- _Exercise instructions_: Copy each line below containing "takes".

- _Entries taken from a collection_:
▬▬▬▬▬▬▬▬▬▬
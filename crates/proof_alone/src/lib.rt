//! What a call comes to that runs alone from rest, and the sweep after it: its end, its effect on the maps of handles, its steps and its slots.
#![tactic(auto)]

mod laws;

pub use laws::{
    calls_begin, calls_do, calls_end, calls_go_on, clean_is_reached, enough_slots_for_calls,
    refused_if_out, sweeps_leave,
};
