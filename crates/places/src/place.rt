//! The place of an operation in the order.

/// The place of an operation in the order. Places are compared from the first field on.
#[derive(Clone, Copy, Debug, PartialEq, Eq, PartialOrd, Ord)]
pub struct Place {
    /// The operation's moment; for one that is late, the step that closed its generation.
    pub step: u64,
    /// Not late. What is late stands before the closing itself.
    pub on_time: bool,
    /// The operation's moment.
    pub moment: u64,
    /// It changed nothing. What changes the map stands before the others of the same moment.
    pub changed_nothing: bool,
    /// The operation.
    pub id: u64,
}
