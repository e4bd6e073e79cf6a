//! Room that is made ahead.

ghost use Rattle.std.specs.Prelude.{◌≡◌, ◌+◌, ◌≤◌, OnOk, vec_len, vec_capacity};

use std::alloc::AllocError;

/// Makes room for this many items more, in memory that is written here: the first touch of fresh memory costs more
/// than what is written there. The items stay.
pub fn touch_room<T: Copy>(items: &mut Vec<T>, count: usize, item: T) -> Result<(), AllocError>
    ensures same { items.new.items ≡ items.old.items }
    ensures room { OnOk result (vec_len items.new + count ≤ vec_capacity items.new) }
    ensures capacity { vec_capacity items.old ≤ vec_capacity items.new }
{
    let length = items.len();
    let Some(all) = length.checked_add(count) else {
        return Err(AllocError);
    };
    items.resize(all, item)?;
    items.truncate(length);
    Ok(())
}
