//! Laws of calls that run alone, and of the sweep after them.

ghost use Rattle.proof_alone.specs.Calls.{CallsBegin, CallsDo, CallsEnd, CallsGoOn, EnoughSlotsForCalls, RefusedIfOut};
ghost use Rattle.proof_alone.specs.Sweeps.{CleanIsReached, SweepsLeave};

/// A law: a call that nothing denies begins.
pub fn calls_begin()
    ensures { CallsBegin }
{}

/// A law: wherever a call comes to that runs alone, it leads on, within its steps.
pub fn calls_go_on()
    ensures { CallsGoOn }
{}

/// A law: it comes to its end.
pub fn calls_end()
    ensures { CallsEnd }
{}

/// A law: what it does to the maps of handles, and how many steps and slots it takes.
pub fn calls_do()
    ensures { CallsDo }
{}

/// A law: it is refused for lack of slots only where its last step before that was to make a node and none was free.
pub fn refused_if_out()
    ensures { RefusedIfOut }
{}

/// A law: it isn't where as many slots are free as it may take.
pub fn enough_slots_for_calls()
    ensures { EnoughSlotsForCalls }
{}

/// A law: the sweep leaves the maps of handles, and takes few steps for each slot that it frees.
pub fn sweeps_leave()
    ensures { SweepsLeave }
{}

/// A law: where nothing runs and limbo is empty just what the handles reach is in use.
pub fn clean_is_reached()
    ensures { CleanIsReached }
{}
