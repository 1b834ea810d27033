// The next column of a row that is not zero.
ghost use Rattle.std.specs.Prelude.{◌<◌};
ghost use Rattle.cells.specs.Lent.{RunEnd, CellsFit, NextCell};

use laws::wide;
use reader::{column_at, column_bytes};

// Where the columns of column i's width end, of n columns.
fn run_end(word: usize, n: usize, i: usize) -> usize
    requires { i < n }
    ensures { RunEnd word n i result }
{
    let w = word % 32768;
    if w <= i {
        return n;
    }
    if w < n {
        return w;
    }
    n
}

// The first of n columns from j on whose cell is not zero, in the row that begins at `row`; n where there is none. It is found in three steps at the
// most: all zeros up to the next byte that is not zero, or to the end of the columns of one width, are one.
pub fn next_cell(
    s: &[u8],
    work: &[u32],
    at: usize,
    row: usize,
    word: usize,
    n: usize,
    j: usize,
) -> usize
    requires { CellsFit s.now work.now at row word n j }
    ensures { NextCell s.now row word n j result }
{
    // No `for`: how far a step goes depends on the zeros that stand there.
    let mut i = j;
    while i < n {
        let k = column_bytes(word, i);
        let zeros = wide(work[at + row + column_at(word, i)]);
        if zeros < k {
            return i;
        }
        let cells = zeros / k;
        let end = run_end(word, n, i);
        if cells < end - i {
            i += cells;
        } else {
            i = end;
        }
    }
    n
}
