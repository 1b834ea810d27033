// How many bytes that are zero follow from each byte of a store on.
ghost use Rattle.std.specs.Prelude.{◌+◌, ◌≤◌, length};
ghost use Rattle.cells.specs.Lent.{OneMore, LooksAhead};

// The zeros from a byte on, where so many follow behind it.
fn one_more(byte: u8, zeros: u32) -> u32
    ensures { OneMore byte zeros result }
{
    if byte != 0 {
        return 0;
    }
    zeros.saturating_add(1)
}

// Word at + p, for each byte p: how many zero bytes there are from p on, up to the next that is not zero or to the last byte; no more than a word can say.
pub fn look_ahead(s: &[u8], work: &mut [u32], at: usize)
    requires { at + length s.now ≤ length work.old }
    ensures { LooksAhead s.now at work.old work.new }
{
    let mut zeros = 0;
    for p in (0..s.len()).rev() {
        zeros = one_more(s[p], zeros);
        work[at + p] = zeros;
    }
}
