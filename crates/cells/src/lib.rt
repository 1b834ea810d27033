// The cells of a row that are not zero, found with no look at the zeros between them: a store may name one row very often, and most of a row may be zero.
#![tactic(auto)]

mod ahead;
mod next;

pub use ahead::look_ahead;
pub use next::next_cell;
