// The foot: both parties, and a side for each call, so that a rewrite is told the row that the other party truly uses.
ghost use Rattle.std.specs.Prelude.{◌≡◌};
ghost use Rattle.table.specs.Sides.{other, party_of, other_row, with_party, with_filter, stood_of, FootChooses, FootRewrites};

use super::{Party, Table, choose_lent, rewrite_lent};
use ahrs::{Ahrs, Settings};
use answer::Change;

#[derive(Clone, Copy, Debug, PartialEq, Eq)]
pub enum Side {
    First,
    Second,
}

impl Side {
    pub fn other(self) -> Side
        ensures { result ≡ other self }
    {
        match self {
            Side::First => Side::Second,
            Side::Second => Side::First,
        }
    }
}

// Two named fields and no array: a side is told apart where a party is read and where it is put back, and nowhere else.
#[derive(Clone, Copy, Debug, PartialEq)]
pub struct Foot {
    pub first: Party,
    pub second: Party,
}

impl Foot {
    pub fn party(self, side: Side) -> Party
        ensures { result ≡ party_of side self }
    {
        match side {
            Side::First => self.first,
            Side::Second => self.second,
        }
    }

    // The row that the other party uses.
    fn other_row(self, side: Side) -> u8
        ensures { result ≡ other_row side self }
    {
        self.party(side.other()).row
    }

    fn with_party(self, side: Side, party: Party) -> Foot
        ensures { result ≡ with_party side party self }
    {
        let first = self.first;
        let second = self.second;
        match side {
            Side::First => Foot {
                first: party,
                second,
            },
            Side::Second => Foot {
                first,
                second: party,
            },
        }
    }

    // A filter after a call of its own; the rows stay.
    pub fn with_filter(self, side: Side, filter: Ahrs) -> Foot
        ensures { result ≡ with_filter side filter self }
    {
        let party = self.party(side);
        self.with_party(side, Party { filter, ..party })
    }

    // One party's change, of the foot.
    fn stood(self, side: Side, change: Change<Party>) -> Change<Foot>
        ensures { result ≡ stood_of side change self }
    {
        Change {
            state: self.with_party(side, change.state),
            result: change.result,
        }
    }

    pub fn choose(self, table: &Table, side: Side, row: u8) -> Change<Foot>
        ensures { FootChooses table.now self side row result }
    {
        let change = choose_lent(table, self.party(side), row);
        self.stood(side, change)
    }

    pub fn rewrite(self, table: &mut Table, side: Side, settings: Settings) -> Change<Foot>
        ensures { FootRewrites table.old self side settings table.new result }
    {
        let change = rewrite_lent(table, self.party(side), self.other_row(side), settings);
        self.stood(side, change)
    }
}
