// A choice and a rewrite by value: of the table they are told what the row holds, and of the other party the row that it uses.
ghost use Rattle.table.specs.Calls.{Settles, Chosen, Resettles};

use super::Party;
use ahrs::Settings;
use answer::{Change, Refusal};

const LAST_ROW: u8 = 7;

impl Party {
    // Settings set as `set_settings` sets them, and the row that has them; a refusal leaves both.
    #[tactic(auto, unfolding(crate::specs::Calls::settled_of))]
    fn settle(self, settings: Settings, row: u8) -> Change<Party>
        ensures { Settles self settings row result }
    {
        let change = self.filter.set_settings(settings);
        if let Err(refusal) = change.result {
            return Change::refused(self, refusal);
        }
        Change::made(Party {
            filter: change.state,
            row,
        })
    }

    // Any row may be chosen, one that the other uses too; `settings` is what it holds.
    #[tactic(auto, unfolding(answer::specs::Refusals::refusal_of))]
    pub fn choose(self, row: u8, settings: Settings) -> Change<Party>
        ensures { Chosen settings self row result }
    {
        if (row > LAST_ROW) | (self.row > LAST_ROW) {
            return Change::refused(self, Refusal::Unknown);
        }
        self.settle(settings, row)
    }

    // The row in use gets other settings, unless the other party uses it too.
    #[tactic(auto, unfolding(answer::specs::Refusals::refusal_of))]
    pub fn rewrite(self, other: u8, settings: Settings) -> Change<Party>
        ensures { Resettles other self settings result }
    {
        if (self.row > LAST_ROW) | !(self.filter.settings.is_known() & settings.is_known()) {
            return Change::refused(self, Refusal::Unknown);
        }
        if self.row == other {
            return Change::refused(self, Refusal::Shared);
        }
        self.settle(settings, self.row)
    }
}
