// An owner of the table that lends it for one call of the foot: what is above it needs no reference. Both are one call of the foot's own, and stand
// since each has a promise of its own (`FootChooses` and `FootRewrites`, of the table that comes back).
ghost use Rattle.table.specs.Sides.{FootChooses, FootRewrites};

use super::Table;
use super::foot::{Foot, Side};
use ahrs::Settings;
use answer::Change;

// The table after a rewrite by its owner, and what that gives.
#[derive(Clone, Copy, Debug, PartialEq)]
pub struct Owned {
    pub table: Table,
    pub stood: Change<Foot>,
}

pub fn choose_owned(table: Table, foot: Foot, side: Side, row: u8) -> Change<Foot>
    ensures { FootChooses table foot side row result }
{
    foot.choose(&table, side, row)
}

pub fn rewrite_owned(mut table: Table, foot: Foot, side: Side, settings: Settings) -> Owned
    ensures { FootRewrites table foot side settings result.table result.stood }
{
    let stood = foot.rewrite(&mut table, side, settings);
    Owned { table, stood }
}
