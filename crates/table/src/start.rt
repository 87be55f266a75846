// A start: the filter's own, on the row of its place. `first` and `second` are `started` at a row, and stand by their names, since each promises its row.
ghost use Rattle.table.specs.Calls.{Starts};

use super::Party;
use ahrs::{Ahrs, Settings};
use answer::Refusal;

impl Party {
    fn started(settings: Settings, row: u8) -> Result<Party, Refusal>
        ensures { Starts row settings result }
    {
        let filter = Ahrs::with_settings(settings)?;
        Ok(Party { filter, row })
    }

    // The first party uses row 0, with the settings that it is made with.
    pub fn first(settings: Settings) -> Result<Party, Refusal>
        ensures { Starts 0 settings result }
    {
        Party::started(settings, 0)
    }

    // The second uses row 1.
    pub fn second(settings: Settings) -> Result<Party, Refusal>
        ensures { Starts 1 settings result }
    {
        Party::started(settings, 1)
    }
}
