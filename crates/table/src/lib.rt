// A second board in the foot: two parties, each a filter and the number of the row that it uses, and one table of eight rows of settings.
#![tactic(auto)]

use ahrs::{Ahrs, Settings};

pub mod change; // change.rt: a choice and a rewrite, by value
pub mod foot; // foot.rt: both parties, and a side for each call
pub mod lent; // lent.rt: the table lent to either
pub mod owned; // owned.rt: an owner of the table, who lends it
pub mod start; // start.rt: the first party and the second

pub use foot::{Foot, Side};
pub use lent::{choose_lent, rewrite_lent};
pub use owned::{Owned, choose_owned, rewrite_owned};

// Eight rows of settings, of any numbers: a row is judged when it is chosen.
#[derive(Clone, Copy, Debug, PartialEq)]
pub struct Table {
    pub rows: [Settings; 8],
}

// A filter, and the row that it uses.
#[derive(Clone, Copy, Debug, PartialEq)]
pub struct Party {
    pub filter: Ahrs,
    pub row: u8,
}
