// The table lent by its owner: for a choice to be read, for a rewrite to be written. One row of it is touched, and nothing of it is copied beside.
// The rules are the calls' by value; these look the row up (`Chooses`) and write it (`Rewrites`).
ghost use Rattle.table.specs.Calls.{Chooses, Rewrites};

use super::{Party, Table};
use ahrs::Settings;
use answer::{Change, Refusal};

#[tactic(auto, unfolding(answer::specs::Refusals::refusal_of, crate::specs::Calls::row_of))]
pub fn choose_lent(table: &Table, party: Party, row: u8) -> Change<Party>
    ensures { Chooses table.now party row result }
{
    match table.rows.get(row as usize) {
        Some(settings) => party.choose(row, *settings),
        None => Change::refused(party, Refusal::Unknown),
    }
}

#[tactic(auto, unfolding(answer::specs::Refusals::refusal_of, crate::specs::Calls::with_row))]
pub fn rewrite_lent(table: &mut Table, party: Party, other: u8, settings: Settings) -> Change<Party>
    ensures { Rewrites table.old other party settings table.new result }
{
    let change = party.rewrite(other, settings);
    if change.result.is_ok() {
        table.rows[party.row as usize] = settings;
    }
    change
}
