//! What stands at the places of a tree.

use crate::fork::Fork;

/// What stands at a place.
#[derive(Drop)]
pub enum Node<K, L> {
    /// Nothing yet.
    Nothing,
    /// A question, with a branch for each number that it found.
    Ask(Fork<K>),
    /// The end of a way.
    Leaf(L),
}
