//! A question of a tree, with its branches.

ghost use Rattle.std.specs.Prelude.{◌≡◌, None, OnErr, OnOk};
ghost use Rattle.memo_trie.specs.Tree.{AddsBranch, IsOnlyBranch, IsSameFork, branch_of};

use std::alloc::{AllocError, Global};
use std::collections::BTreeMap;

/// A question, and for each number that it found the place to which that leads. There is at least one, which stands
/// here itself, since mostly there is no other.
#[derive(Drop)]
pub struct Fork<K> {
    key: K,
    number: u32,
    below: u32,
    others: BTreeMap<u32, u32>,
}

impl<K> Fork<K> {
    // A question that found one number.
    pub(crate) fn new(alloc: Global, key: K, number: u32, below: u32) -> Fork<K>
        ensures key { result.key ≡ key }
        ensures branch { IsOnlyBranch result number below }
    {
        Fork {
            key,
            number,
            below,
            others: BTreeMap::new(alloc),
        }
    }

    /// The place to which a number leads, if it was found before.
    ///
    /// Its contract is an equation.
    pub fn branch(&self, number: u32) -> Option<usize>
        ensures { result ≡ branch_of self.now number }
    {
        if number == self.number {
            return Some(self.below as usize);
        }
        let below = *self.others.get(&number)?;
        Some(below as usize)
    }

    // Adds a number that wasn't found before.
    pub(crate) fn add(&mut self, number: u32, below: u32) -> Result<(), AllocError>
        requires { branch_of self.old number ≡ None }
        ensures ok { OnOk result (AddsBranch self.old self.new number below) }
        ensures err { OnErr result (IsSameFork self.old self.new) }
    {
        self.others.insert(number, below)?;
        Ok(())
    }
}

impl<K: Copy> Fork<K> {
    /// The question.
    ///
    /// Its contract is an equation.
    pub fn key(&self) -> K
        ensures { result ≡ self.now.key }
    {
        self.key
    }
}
▬▬▬▬▬▬▬▬▬▬
- _Solution below_:
/// A law: what it does to the maps of handles, and how many steps and slots it takes.
/// A law: the sweep leaves the maps of handles, and takes few steps for each slot that it frees.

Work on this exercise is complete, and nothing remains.